WORK INSTRUCTION:
Your response should be every line of the data, written out exactly.

LISTED RECORDS:
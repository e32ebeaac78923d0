ghost use Rattle.std.specs.Prelude.{◌≡◌, ◌<◌, ◌++◌, ◌+ℤ◌, pos, IfOk, IfSome, IsTrue, Ok, OnOk, length, map, position};
ghost use Rattle.std.specs.List.{list_all};
ghost use Rattle.kql_cells.specs.Dynamic.{is_well_formed_dynamic};
ghost use Rattle.kql_cells.specs.Values.{IsWellFormed};
ghost use Rattle.kql_dynamic.specs.Arrays.{at_or_after_first, array_concat, array_index_of, array_length, array_reverse, array_slice, joined, pack_array, place_or_less, sliced};
ghost use Rattle.kql_cells.specs.Same.{same};

use crate::hashed::same;
use crate::parts::{argument, elements, from_start, long};
use kql_cells::{Dyn, DynList, LEVELS_TOP, Value, clone_dyn, has_levels_within};
use kql_items::Items;
use std::alloc::{AllocError, Global};

/// How many elements an array has: `array_length(array)`. It is null where there is no array, and takes no memory.
pub fn array_length(_alloc: Global, args: &[&Dyn]) -> Result<Value, AllocError>
    requires count { length args.now ≡ 1 }
    requires form { IsTrue (list_all is_well_formed_dynamic (map (λ d. d.now) args.now)) }
    ensures value { result ≡ Ok (array_length (map (λ d. d.now) args.now)) }
    ensures form { IfOk result IsWellFormed }
{
    match elements(argument(args, 0)) {
        Some(parts) => Ok(Value::Long(parts.len() as i64)),
        None => Ok(Value::Null),
    }
}

/// The elements of arrays, one array after another: `array_concat(array, ..)`. It is null where one is no array, and
/// the empty array where there are no arguments.
pub fn array_concat(alloc: Global, args: &[&Dyn]) -> Result<Value, AllocError>
    requires { IsTrue (list_all is_well_formed_dynamic (map (λ d. d.now) args.now)) }
    ensures value { IfOk result (λ v. v ≡ array_concat (map (λ d. d.now) args.now)) }
    ensures form { IfOk result IsWellFormed }
{
    let mut all = Items::new(alloc);
    for d in args {
        let Some(parts) = elements(d) else {
            return Ok(Value::Null);
        };
        push_copies(alloc, &mut all, parts)?;
    }
    Ok(Value::Dynamic(Dyn::Array(all)))
}

/// The elements from one index to another, both included: `array_slice(array, start, end)`. A negative index
/// counts from the end, -1 the last, and the range is cut to the array. It is null where there is no array, or an
/// index is no long.
pub fn array_slice(alloc: Global, args: &[&Dyn]) -> Result<Value, AllocError>
    requires count { length args.now ≡ 3 }
    requires form { IsTrue (list_all is_well_formed_dynamic (map (λ d. d.now) args.now)) }
    ensures value { IfOk result (λ v. v ≡ array_slice (map (λ d. d.now) args.now)) }
    ensures form { IfOk result IsWellFormed }
{
    let Some(parts) = elements(argument(args, 0)) else {
        return Ok(Value::Null);
    };
    let Some(start) = long(argument(args, 1)) else {
        return Ok(Value::Null);
    };
    let Some(end) = long(argument(args, 2)) else {
        return Ok(Value::Null);
    };
    let mut kept = Items::new(alloc);
    push_copies(alloc, &mut kept, sliced(parts, start, end))?;
    Ok(Value::Dynamic(Dyn::Array(kept)))
}

/// The elements from the last to the first: `array_reverse(array)`. It is null where there is no array.
pub fn array_reverse(alloc: Global, args: &[&Dyn]) -> Result<Value, AllocError>
    requires count { length args.now ≡ 1 }
    requires form { IsTrue (list_all is_well_formed_dynamic (map (λ d. d.now) args.now)) }
    ensures value { IfOk result (λ v. v ≡ array_reverse (map (λ d. d.now) args.now)) }
    ensures form { IfOk result IsWellFormed }
{
    let Some(parts) = elements(argument(args, 0)) else {
        return Ok(Value::Null);
    };
    let mut turned = Items::new(alloc);
    push_copies(alloc, &mut turned, parts)?;
    turned.reverse();
    Ok(Value::Dynamic(Dyn::Array(turned)))
}

/// The place of the first element that is identical to a value, from 0, or -1: `array_index_of(array, value)`.
/// It is null where there is no array, and takes no memory.
pub fn array_index_of(_alloc: Global, args: &[&Dyn]) -> Result<Value, AllocError>
    requires count { length args.now ≡ 2 }
    requires form { IsTrue (list_all is_well_formed_dynamic (map (λ d. d.now) args.now)) }
    ensures value { result ≡ Ok (array_index_of (map (λ d. d.now) args.now)) }
    ensures form { IfOk result IsWellFormed }
{
    match elements(argument(args, 0)) {
        Some(parts) => Ok(Value::Long(place_in(parts, argument(args, 1)))),
        None => Ok(Value::Null),
    }
}

/// The array of all arguments, nulls among them: `pack_array(value, ..)`. It is the empty array where there are no
/// arguments, and null where it would have more than 127 levels.
pub fn pack_array(alloc: Global, args: &[&Dyn]) -> Result<Value, AllocError>
    requires { IsTrue (list_all is_well_formed_dynamic (map (λ d. d.now) args.now)) }
    ensures value { IfOk result (λ v. v ≡ pack_array (map (λ d. d.now) args.now)) }
    ensures form { IfOk result IsWellFormed }
{
    let mut parts = Items::new(alloc);
    push_lent(alloc, &mut parts, args)?;
    let packed = Dyn::Array(parts);
    if has_levels_within(&packed, LEVELS_TOP) {
        Ok(Value::Dynamic(packed))
    } else {
        Ok(Value::Null)
    }
}

// Adds copies of values that are lent at the end.
fn push_lent(alloc: Global, list: &mut DynList, parts: &[&Dyn]) -> Result<(), AllocError>
    ensures { OnOk result (list.new ≡ list.old ++ map (λ d. d.now) parts.now) }
{
    for part in parts {
        list.push(clone_dyn(alloc, part)?)?;
    }
    Ok(())
}

// Adds copies of these at the end.
fn push_copies(alloc: Global, list: &mut DynList, parts: &[Dyn]) -> Result<(), AllocError>
    ensures { OnOk result (list.new ≡ list.old ++ parts.now) }
{
    for part in parts {
        list.push(clone_dyn(alloc, part)?)?;
    }
    Ok(())
}

// The elements from one index to another, both included.
fn sliced(parts: &[Dyn], start: i64, end: i64) -> &[Dyn]
    ensures { result.now ≡ sliced parts.now start end }
{
    let count = parts.len();
    let behind = place_behind(from_start(count, end)).min(count);
    let first = at_or_after_first(from_start(count, start)).min(behind);
    &parts[first..behind]
}

// A place, where one before the first is the first.
fn at_or_after_first(place: i64) -> usize
    ensures { result ≡ at_or_after_first place }
{
    if place < 0 { 0 } else { place as usize }
}

// The place behind a place.
fn place_behind(place: i64) -> usize
    ensures { result ≡ at_or_after_first (place +ℤ pos 1) }
{
    if place < 0 { 0 } else { place as usize + 1 }
}

// The place of the first that is identical to a value, or -1.
fn place_in(parts: &[Dyn], value: &Dyn) -> i64
    ensures { result ≡ place_or_less (position (λ x. same x value.now) parts.now) }
{
    match first_same(parts, value) {
        Some(place) => place as i64,
        None => -1,
    }
}

// The place of the first that is identical to a value.
fn first_same(parts: &[Dyn], value: &Dyn) -> Option<usize>
    ensures place { result ≡ position (λ x. same x value.now) parts.now }
    ensures within { IfSome result (λ i. i < length parts.now) }
{
    parts.iter().position(|part| same(part, value))
}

SOLUTION BELOW:
repository e32ebeaac78923d0
ghost use Rattle.std.specs.Prelude.{◌≡◌, ◌<◌, ◌++◌, ◌+ℤ◌, pos, IfOk, IfSome, IsTrue, Ok, OnOk, length, map, position};
ghost use Rattle.std.specs.List.{list_all};
ghost use Rattle.kql_cells.specs.Dynamic.{is_well_formed_dynamic};
ghost use Rattle.kql_cells.specs.Values.{IsWellFormed};
ghost use Rattle.kql_dynamic.specs.Arrays.{at_or_after_first, array_concat, array_index_of, array_length, array_reverse, array_slice, joined, pack_array, place_or_less, sliced};
ghost use Rattle.kql_cells.specs.Same.{same};

use crate::hashed::same;
use crate::parts::{argument, elements, from_start, long};
use kql_cells::{Dyn, DynList, LEVELS_TOP, Value, clone_dyn, has_levels_within};
use kql_items::Items;
use std::alloc::{AllocError, Global};

/// How many elements an array has: `array_length(array)`. It is null where there is no array, and takes no memory.
pub fn array_length(_alloc: Global, args: &[&Dyn]) -> Result<Value, AllocError>
    requires count { length args.now ≡ 1 }
    requires form { IsTrue (list_all is_well_formed_dynamic (map (λ d. d.now) args.now)) }
    ensures value { result ≡ Ok (array_length (map (λ d. d.now) args.now)) }
    ensures form { IfOk result IsWellFormed }
{
    match elements(argument(args, 0)) {
        Some(parts) => Ok(Value::Long(parts.len() as i64)),
        None => Ok(Value::Null),
    }
}

/// The elements of arrays, one array after another: `array_concat(array, ..)`. It is null where one is no array, and
/// the empty array where there are no arguments.
pub fn array_concat(alloc: Global, args: &[&Dyn]) -> Result<Value, AllocError>
    requires { IsTrue (list_all is_well_formed_dynamic (map (λ d. d.now) args.now)) }
    ensures value { IfOk result (λ v. v ≡ array_concat (map (λ d. d.now) args.now)) }
    ensures form { IfOk result IsWellFormed }
{
    let mut all = Items::new(alloc);
    for d in args {
        let Some(parts) = elements(d) else {
            return Ok(Value::Null);
        };
        push_copies(alloc, &mut all, parts)?;
    }
    Ok(Value::Dynamic(Dyn::Array(all)))
}

/// The elements from one index to another, both included: `array_slice(array, start, end)`. A negative index
/// counts from the end, -1 the last, and the range is cut to the array. It is null where there is no array, or an
/// index is no long.
pub fn array_slice(alloc: Global, args: &[&Dyn]) -> Result<Value, AllocError>
    requires count { length args.now ≡ 3 }
    requires form { IsTrue (list_all is_well_formed_dynamic (map (λ d. d.now) args.now)) }
    ensures value { IfOk result (λ v. v ≡ array_slice (map (λ d. d.now) args.now)) }
    ensures form { IfOk result IsWellFormed }
{
    let Some(parts) = elements(argument(args, 0)) else {
        return Ok(Value::Null);
    };
    let Some(start) = long(argument(args, 1)) else {
        return Ok(Value::Null);
    };
    let Some(end) = long(argument(args, 2)) else {
        return Ok(Value::Null);
    };
    let mut kept = Items::new(alloc);
    push_copies(alloc, &mut kept, sliced(parts, start, end))?;
    Ok(Value::Dynamic(Dyn::Array(kept)))
}

/// The elements from the last to the first: `array_reverse(array)`. It is null where there is no array.
pub fn array_reverse(alloc: Global, args: &[&Dyn]) -> Result<Value, AllocError>
    requires count { length args.now ≡ 1 }
    requires form { IsTrue (list_all is_well_formed_dynamic (map (λ d. d.now) args.now)) }
    ensures value { IfOk result (λ v. v ≡ array_reverse (map (λ d. d.now) args.now)) }
    ensures form { IfOk result IsWellFormed }
{
    let Some(parts) = elements(argument(args, 0)) else {
        return Ok(Value::Null);
    };
    let mut turned = Items::new(alloc);
    push_copies(alloc, &mut turned, parts)?;
    turned.reverse();
    Ok(Value::Dynamic(Dyn::Array(turned)))
}

/// The place of the first element that is identical to a value, from 0, or -1: `array_index_of(array, value)`.
/// It is null where there is no array, and takes no memory.
pub fn array_index_of(_alloc: Global, args: &[&Dyn]) -> Result<Value, AllocError>
    requires count { length args.now ≡ 2 }
    requires form { IsTrue (list_all is_well_formed_dynamic (map (λ d. d.now) args.now)) }
    ensures value { result ≡ Ok (array_index_of (map (λ d. d.now) args.now)) }
    ensures form { IfOk result IsWellFormed }
{
    match elements(argument(args, 0)) {
        Some(parts) => Ok(Value::Long(place_in(parts, argument(args, 1)))),
        None => Ok(Value::Null),
    }
}

/// The array of all arguments, nulls among them: `pack_array(value, ..)`. It is the empty array where there are no
/// arguments, and null where it would have more than 127 levels.
pub fn pack_array(alloc: Global, args: &[&Dyn]) -> Result<Value, AllocError>
    requires { IsTrue (list_all is_well_formed_dynamic (map (λ d. d.now) args.now)) }
    ensures value { IfOk result (λ v. v ≡ pack_array (map (λ d. d.now) args.now)) }
    ensures form { IfOk result IsWellFormed }
{
    let mut parts = Items::new(alloc);
    push_lent(alloc, &mut parts, args)?;
    let packed = Dyn::Array(parts);
    if has_levels_within(&packed, LEVELS_TOP) {
        Ok(Value::Dynamic(packed))
    } else {
        Ok(Value::Null)
    }
}

// Adds copies of values that are lent at the end.
fn push_lent(alloc: Global, list: &mut DynList, parts: &[&Dyn]) -> Result<(), AllocError>
    ensures { OnOk result (list.new ≡ list.old ++ map (λ d. d.now) parts.now) }
{
    for part in parts {
        list.push(clone_dyn(alloc, part)?)?;
    }
    Ok(())
}

// Adds copies of these at the end.
fn push_copies(alloc: Global, list: &mut DynList, parts: &[Dyn]) -> Result<(), AllocError>
    ensures { OnOk result (list.new ≡ list.old ++ parts.now) }
{
    for part in parts {
        list.push(clone_dyn(alloc, part)?)?;
    }
    Ok(())
}

// The elements from one index to another, both included.
fn sliced(parts: &[Dyn], start: i64, end: i64) -> &[Dyn]
    ensures { result.now ≡ sliced parts.now start end }
{
    let count = parts.len();
    let behind = place_behind(from_start(count, end)).min(count);
    let first = at_or_after_first(from_start(count, start)).min(behind);
    &parts[first..behind]
}

// A place, where one before the first is the first.
fn at_or_after_first(place: i64) -> usize
    ensures { result ≡ at_or_after_first place }
{
    if place < 0 { 0 } else { place as usize }
}

// The place behind a place.
fn place_behind(place: i64) -> usize
    ensures { result ≡ at_or_after_first (place +ℤ pos 1) }
{
    if place < 0 { 0 } else { place as usize + 1 }
}

// The place of the first that is identical to a value, or -1.
fn place_in(parts: &[Dyn], value: &Dyn) -> i64
    ensures { result ≡ place_or_less (position (λ x. same x value.now) parts.now) }
{
    match first_same(parts, value) {
        Some(place) => place as i64,
        None => -1,
    }
}

// The place of the first that is identical to a value.
fn first_same(parts: &[Dyn], value: &Dyn) -> Option<usize>
    ensures place { result ≡ position (λ x. same x value.now) parts.now }
    ensures within { IfSome result (λ i. i < length parts.now) }
{
    parts.iter().position(|part| same(part, value))
}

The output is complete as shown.